- **Description of the task**
Report all lines below with the word "specs".

==== Information supplied

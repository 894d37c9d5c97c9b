ghost use Rattle.std.specs.Prelude.{◌≡◌, IfOk};
ghost use Rattle.raster_model.specs.MaskView.{MaskView};
ghost use Rattle.seam_regions.specs.Regions.{AreRegionsOf};
ghost use Rattle.surface_snapshots.specs.Packed.{ArePackedRegionsOf};
ghost use Rattle.tile_workers.specs.Found.{AreFoundOf, regions_found};

use offset_network::plan_seams;
use raster_model::{Mask, Tiling};
use seam_regions::Regions;
use seam_walk::Plan;
use std::alloc::{AllocError, Global};
use surface_snapshots::PackedRegions;
use tile_board::PresentMask;

/// The least side of tiles whose regions are packed, and whose offsets are planned, before the offsets are found: the runs and
/// plans of smaller ones take memory that is needed then.
const PACKED_SIDE: u32 = 8;

/// The regions of a mask, which may be packed, with a plan of the guess at their offsets.
#[derive(Drop)]
pub(crate) enum FoundRegions {
    Packed(PackedRegions, Plan),
    Plain(Regions),
}

/// Regions that were found while the tiles of their mask were solved.
#[derive(Drop)]
pub(crate) struct EarlyRegions {
    pub(crate) present: PresentMask,
    pub(crate) found: FoundRegions,
}

impl FoundRegions {
    /// The regions of a tiling's raster under a mask of the same size.
    pub(crate) fn of(
        alloc: Global,
        tiling: &Tiling,
        mask: &Mask,
    ) -> Result<FoundRegions, AllocError>
        requires across { mask.now.width ≡ tiling.now.width }
        requires along { mask.now.height ≡ tiling.now.height }
        ensures { IfOk result (AreFoundOf tiling.now mask.now) }
    {
        let regions = Regions::of(alloc, tiling, mask)?;
        if tiling.side < PACKED_SIDE {
            return Ok(FoundRegions::Plain(regions));
        }
        let plan = plan_seams(alloc, tiling, &regions)?;
        let packed = PackedRegions::of(alloc, tiling, regions)?;
        Ok(FoundRegions::Packed(packed, plan))
    }

    /// The regions, pixel by pixel.
    pub(crate) fn regions(&self) -> &Regions
        ensures { result.now ≡ regions_found self.now }
    {
        match self {
            FoundRegions::Packed(packed, _) => &packed.regions,
            FoundRegions::Plain(regions) => regions,
        }
    }

    /// The plan of the guess at their offsets, if there is one.
    pub(crate) fn plan(&self) -> Option<&Plan> {
        match self {
            FoundRegions::Packed(_, plan) => Some(plan),
            FoundRegions::Plain(_) => None,
        }
    }

    /// The regions of a mask, packed.
    pub(crate) fn packed(self, alloc: Global, tiling: &Tiling) -> Result<PackedRegions, AllocError>
        requires across { (regions_found self).width ≡ tiling.now.width }
        requires along { (regions_found self).height ≡ tiling.now.height }
        ensures { IfOk result (λ made. (mask : MaskView) → AreFoundOf tiling.now mask self → ArePackedRegionsOf tiling.now mask made) }
    {
        match self {
            FoundRegions::Packed(packed, _) => Ok(packed),
            FoundRegions::Plain(regions) => PackedRegions::of(alloc, tiling, regions),
        }
    }
}
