//! The lock: how a seat at the desk's table takes the board, and how it gives it back.
ghost use Rattle.board_desk.specs.Rules.{Grown, Held, given};
ghost use Rattle.std.specs.Prelude.{◌≡◌, ◌≢◌, ◌<◌, None, [], ◌∷◌, true};
ghost use Rattle.tile_board.specs.Boards.{IsBoard};

use crate::law::{Give, Law, Look, Take, View};
use atomic_table::{Seat, Shared};
use raster_model::Session;
use std::snapshot::Snapshot;
use std::sync::Wait;
use tile_board::Board;

/// The seat of one pass.
pub type Place = Seat<Option<Board>, View>;

/// The table of a desk.
pub type Hall = Shared<Option<Board>, View, Snapshot<Session>, Law>;

/// The word of the next ticket.
const TICKET: usize = 0;

/// The word of the ticket that is served.
const SERVED: usize = 1;

/// The word that tells whether the board is out.
const OUT: usize = 2;

/// The word of the first bell.
const FIRST_BELL: usize = 3;

/// How many bells there are. If no more calls than that wait at once, each has a bell of its own.
const BELLS: usize = 64;

/// How many words the table has.
pub const WORDS: usize = FIRST_BELL + BELLS;

/// How often a call that waits looks at the ticket that is served before it sleeps. A call holds the board for about as long.
const LOOKS: u32 = 64;

/// Takes the board out: draws a ticket, waits until it is served, and takes the board. Calls are served in the order of
/// their tickets. A call that waits longer sleeps on its bell.
pub fn take_board<R: Wait>(rt: &R, hall: &Hall, seat: &mut Place) -> Board
    requires shape { (hall.now.table_id.words ≡ 67) × (hall.now.table_id.slots ≡ 1) }
    requires own { seat.old.table_id ≡ hall.now.table_id }
    requires empty { seat.old.me.1 ≡ [] }
    ensures own { (seat.new.table_id ≡ seat.old.table_id) × (seat.new.id ≡ seat.old.id) }
    ensures held { Held seat.old.me.0 result seat.new.me }
    ensures board { IsBoard result }
{
    let ticket = hall.fetch_add::<Look>(seat, TICKET, 1);
    let bell = bell_of(ticket);
    for _ in rt.forever() {
        let rung = hall.peek(bell);
        if !is_served_soon(hall, ticket) {
            hall.park(rt, bell, (rung % (1 << 32)) as u32);
        } else if hall.compare_exchange::<Take>(seat, OUT, 0, 1) == 0 {
            let board = hall.exchange(seat, 0, None).unwrap();
            // Its contract says what every board keeps.
            let _history = board.entries();
            return board;
        }
    }
    unreachable!()
}

/// Whether a ticket is served by now, or within a few looks.
fn is_served_soon(hall: &Hall, ticket: u64) -> bool
    requires { hall.now.table_id.words ≡ 67 }
{
    for _look in 0..LOOKS {
        if hall.peek(SERVED) == ticket {
            return true;
        }
    }
    false
}

/// Gives the board back, and serves the next ticket.
pub fn give_board(hall: &Hall, seat: &mut Place, board: Board)
    requires shape { (hall.now.table_id.words ≡ 67) × (hall.now.table_id.slots ≡ 1) }
    requires own { seat.old.table_id ≡ hall.now.table_id }
    requires out { seat.old.me.1 ≡ (0, None) ∷ [] }
    requires holds { seat.old.me.0.holds ≡ true }
    requires grown { Grown seat.old.me.0 board }
    ensures own { (seat.new.table_id ≡ seat.old.table_id) × (seat.new.id ≡ seat.old.id) }
    ensures given { seat.new.me ≡ (given seat.old.me.0 board.entries, []) }
{
    drop(hall.exchange(seat, 0, Some(board)));
    hall.store::<Give>(seat, OUT, 0);
    serve_next(hall, seat);
}

/// Serves the next ticket, and rings the bell of the call that has it. If no call has drawn it yet, there is no bell to ring:
/// the call that draws it finds it served.
fn serve_next(hall: &Hall, seat: &mut Place)
    requires shape { hall.now.table_id.words ≡ 67 }
    requires own { seat.old.table_id ≡ hall.now.table_id }
    ensures own { (seat.new.table_id ≡ seat.old.table_id) × (seat.new.id ≡ seat.old.id) }
    ensures same { seat.new.me ≡ seat.old.me }
{
    let next = hall.fetch_add::<Look>(seat, SERVED, 1).wrapping_add(1);
    if hall.peek(TICKET) != next {
        let bell = bell_of(next);
        hall.fetch_add::<Look>(seat, bell, 1);
        hall.wake_all(bell);
    }
}

/// The bell of a ticket.
fn bell_of(ticket: u64) -> usize
    ensures { (2 < result) × (result < 67) }
{
    FIRST_BELL + (ticket % BELLS as u64) as usize
}
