/// What a worker passes before it solves each tile that it claimed, holding no lock. It means nothing; a test can hold a
/// worker by it.
pub trait Gate: Sync {
    /// The worker of this number, from 1, is about to solve a tile.
    fn enter(&self, worker: u32);
}

/// The gate that lets every worker pass.
#[derive(Drop)]
pub struct OpenGate;

impl Gate for OpenGate {
    fn enter(&self, _worker: u32) {}
}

========

- **Task solution**
ghost use Rattle.std.specs.Prelude.{◌≡◌, IfOk};
ghost use Rattle.raster_model.specs.MaskView.{MaskView};
ghost use Rattle.seam_regions.specs.Regions.{AreRegionsOf};
ghost use Rattle.surface_snapshots.specs.Packed.{ArePackedRegionsOf};
ghost use Rattle.tile_workers.specs.Found.{AreFoundOf, regions_found};
ghost use Rattle.board_desk.specs.Rules.{Grown, Held, given};
ghost use Rattle.std.specs.Prelude.{◌≡◌, ◌≢◌, ◌<◌, None, [], ◌∷◌, true};
ghost use Rattle.tile_board.specs.Boards.{IsBoard};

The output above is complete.